Yes. Plan execution is thread-safe. But I don’t know how ToeplitzMatrices uses FFTW.

1 Like

Thanks for the response!

I guess, the problem might be the copyto! in the mul! function (ToeplitzMatrices.jl/linearalgebra.jl at 63c9ae4e0c697d745a6a454608ffe40d4b1f2118 · JuliaLinearAlgebra/ToeplitzMatrices.jl · GitHub), which performs the multiplications. It seems to modify the factorization object. I guess it’s simply that this mul! method is not thread safe. I wish there was a way to tell which methods or libraries are thread-safe, but that’s a big ask.

This leaves me with the options of giving up, or trying to figure out how to make ToeplitzMatrices.jl thread-safe, which might not even be possible without a big performance hit.

This is the function in question:

function mul!(
    y::StridedVector, A::ToeplitzFactorization, x::StridedVector, α::Number, β::Number
)
    n = length(x)
    m = length(y)
    vcvr_dft = A.vcvr_dft
    N = length(vcvr_dft)
    if m > N || n > N
        throw(DimensionMismatch(
            "Toeplitz factorization does not match size of input and output vector"
        ))
    end

    T = Base.promote_eltype(y, A, x, α, β)
    tmp = A.tmp
    dft = A.dft
    @inbounds begin
        copyto!(tmp, 1, x, 1, n)
        for i in (n+1):N
            tmp[i] = zero(eltype(tmp))
        end
        mul!(tmp, dft, tmp)
        for i in 1:N
            tmp[i] *= vcvr_dft[i]
        end
        dft \ tmp
        if iszero(β)
            for i in 1:m
                y[i] = α * maybereal(T, tmp[i])
            end
        else
            for i in 1:m
                y[i] = muladd(α, maybereal(T, tmp[i]), β * y[i])
            end
        end
    end

    return y
end

It re-uses the same A.tmp buffer, which is not thread-safe.

1 Like

Am I right to assume the copyto! is the problem because it modifies the buffer? Reading the buffers should be fine, right?
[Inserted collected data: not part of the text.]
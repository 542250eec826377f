//! All lists of legal actions from a state, for tests that try each of them. Nothing but tests uses it.
#![tactic(auto)]

ghost use Rattle.std.specs.Prelude.{◌≡◌, ◌+◌, ℕ, Some, false, IfOk, IfSome, OnOk, All};
ghost use Rattle.craft_state.specs.Craft.{StateFields};
ghost use Rattle.step_rules.specs.Legality.{IsWithin, is_over, start_of};
ghost use Rattle.step_rules.specs.Run.{run_of};
ghost use Rattle.test_lists.specs.Lists.{IsListed};

use action_table::{Action, WantMemory};
use craft_settings::Settings;
use craft_state::State;
use std::alloc::Global;
use step_rules::{check, is_final, replay, start, step};

/// A list of legal actions, the state that it leads to, and how many seconds it takes.
#[derive(Drop)]
pub struct Listed {
    pub actions: Vec<Action>,
    pub state: State,
    pub seconds: u32,
}

/// The state after these actions from the start, where they are legal and the craft isn't over.
pub fn open_after(g: &Settings, actions: &[Action]) -> Option<State>
    ensures ran { IfSome result (λ s. run_of g.now (start_of g.now) actions.now ≡ Some s) }
    ensures within { IfSome result (IsWithin g.now) }
    ensures live { IfSome result (λ s. is_over g.now s ≡ false) }
{
    let Ok(s) = replay(g, &start(g), actions) else {
        return None;
    };
    if is_final(g, &s) { None } else { Some(s) }
}

/// All lists of `n` legal actions from a state, in action order.
pub fn all_lists(
    alloc: Global,
    g: &Settings,
    from: &State,
    n: u32,
) -> Result<Vec<Listed>, WantMemory>
    requires { IsWithin g.now from.now }
    ensures { IfOk result (λ lists. All (IsListed g.now from.now n) lists.items) }
{
    let mut lists = Vec::new(alloc);
    lists.push(Listed {
        actions: Vec::new(alloc),
        state: *from,
        seconds: 0,
    })?;
    for _turn in 0..n {
        lists = longer_lists(alloc, g, &lists)?;
    }
    Ok(lists)
}

// The lists of one more action.
fn longer_lists(alloc: Global, g: &Settings, lists: &[Listed]) -> Result<Vec<Listed>, WantMemory>
    requires { All (λ l. IsWithin g.now l.state) lists.now }
    ensures { IfOk result (λ longer.
        (from : StateFields) (n : ℕ) → All (IsListed g.now from n) lists.now → All (IsListed g.now from (n + 1)) longer.items) }
{
    let mut longer = Vec::new(alloc);
    for listed in lists {
        push_longer(alloc, g, listed, &mut longer)?;
    }
    Ok(longer)
}

// Appends the lists of one more action than a list.
fn push_longer(
    alloc: Global,
    g: &Settings,
    listed: &Listed,
    longer: &mut Vec<Listed>,
) -> Result<(), WantMemory>
    requires { IsWithin g.now listed.now.state }
    ensures { OnOk result ((from : StateFields) (n : ℕ) → IsListed g.now from n listed.now →
        All (IsListed g.now from (n + 1)) longer.old.items → All (IsListed g.now from (n + 1)) longer.new.items) }
{
    for &action in Action::ALL.iter() {
        if let Some(next) = longer_by(alloc, g, listed, action)? {
            longer.push(next)?;
        }
    }
    Ok(())
}

// The list with an action more, where that is legal.
#[tactic(auto, using(crate::proofs::Longer::listed_longer))]
fn longer_by(
    alloc: Global,
    g: &Settings,
    listed: &Listed,
    action: Action,
) -> Result<Option<Listed>, WantMemory>
    requires { IsWithin g.now listed.now.state }
    ensures { IfOk result (λ next. IfSome next (λ l.
        (from : StateFields) (n : ℕ) → IsListed g.now from n listed.now → IsListed g.now from (n + 1) l)) }
{
    if check(g, &listed.state, action).is_err() {
        return Ok(None);
    }
    let mut actions = Vec::new(alloc);
    actions.extend_from_slice(&listed.actions)?;
    actions.push(action)?;
    Ok(Some(Listed {
        actions,
        state: step(g, &listed.state, action),
        seconds: listed.seconds.saturating_add(action.seconds()),
    }))
}

#[cfg(test)]
mod tests;
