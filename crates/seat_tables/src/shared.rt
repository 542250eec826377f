// The table and its seats.
use crate::plays::Ruled;
use atomic_table::Table;
use race_core::{Truth, View};
use std::alloc::Global;
use std::marker::Model;

/// A table of words that threads share: the mark, and for each index a word that is empty or says the truth's entry.
#[derive(Drop)]
pub struct Shared<T: Truth> {
    pub(crate) table: Table<(), View<T>, T, Ruled<T>, Global>,
    pub(crate) truth: T,
}

impl<T: Truth> Model for Shared<T> {
    ghost use Rattle.std.specs.Prelude.{◌≡◌, ◌+◌};
    ghost use Rattle.seat_tables.specs.Seats.{SharedFields};

    ghost Value = { SharedFields T };

    ghost view = { λ s. record { truth = s.truth; id = s.table.shared.table_id } };

    ghost invariant = { λ s. (s.table.shared.key ≡ s.truth) × (s.table.shared.table_id.words ≡ T.size s.truth + 1) ×
        (s.table.shared.table_id.slots ≡ 0) };
}

/// A token for the steps of one thread. Contracts see it as its view: what its thread knows of the table.
#[derive(Drop)]
pub struct Seat<T: Truth> {
    pub(crate) token: atomic_table::Seat<(), View<T>>,
    // A seat has a size, so that a slice of seats can be handed on.
    pub(crate) number: u32,
}

impl<T: Truth> Model for Seat<T> {
    ghost use Rattle.std.specs.Prelude.{◌≡◌, []};
    ghost use Rattle.seat_tables.specs.Seats.{SeatFields};

    ghost Value = { SeatFields T };

    ghost view = { λ s. record { id = s.token.table_id; view = s.token.me.0 } };

    ghost invariant = { λ s. s.token.me.1 ≡ [] };
}

fn shares<X: Send + Sync>(x: &X) {
    let _ = x;
}

fn sends<X: Send>(x: &X) {
    let _ = x;
}

// Any thread may use a table, and a seat may go to any thread, whatever the truth is.
pub(crate) fn may_cross<T: Truth>(table: &Shared<T>, seat: &Seat<T>) {
    shares(table);
    sends(seat);
}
What I tried now is to modify the mul! function by introducing an option not to reuse the buffer:

function mul!(
    y::StridedVector, A::ToeplitzFactorization, x::StridedVector, α::Number, β::Number; dont_modify_A=false,
)
# ...

    if dont_modify_A
        tmp = copy(A.tmp)
    else
        tmp = A.tmp
    end

# ...

And then it seems to work correctly. However, I’d rather be sure that it has to work correctly…

The copyto! and the mul!. The point is that you can’t have multiple threads writing to the same temporary buffer in parallel.

1 Like

Thanks! It seems the copy operation I put in solves the problem, as I don’t think anything else modifies contents of the factorization.

I guess the package maintainers wouldn’t want to implement thread safety for this feature but I can always use my modified version.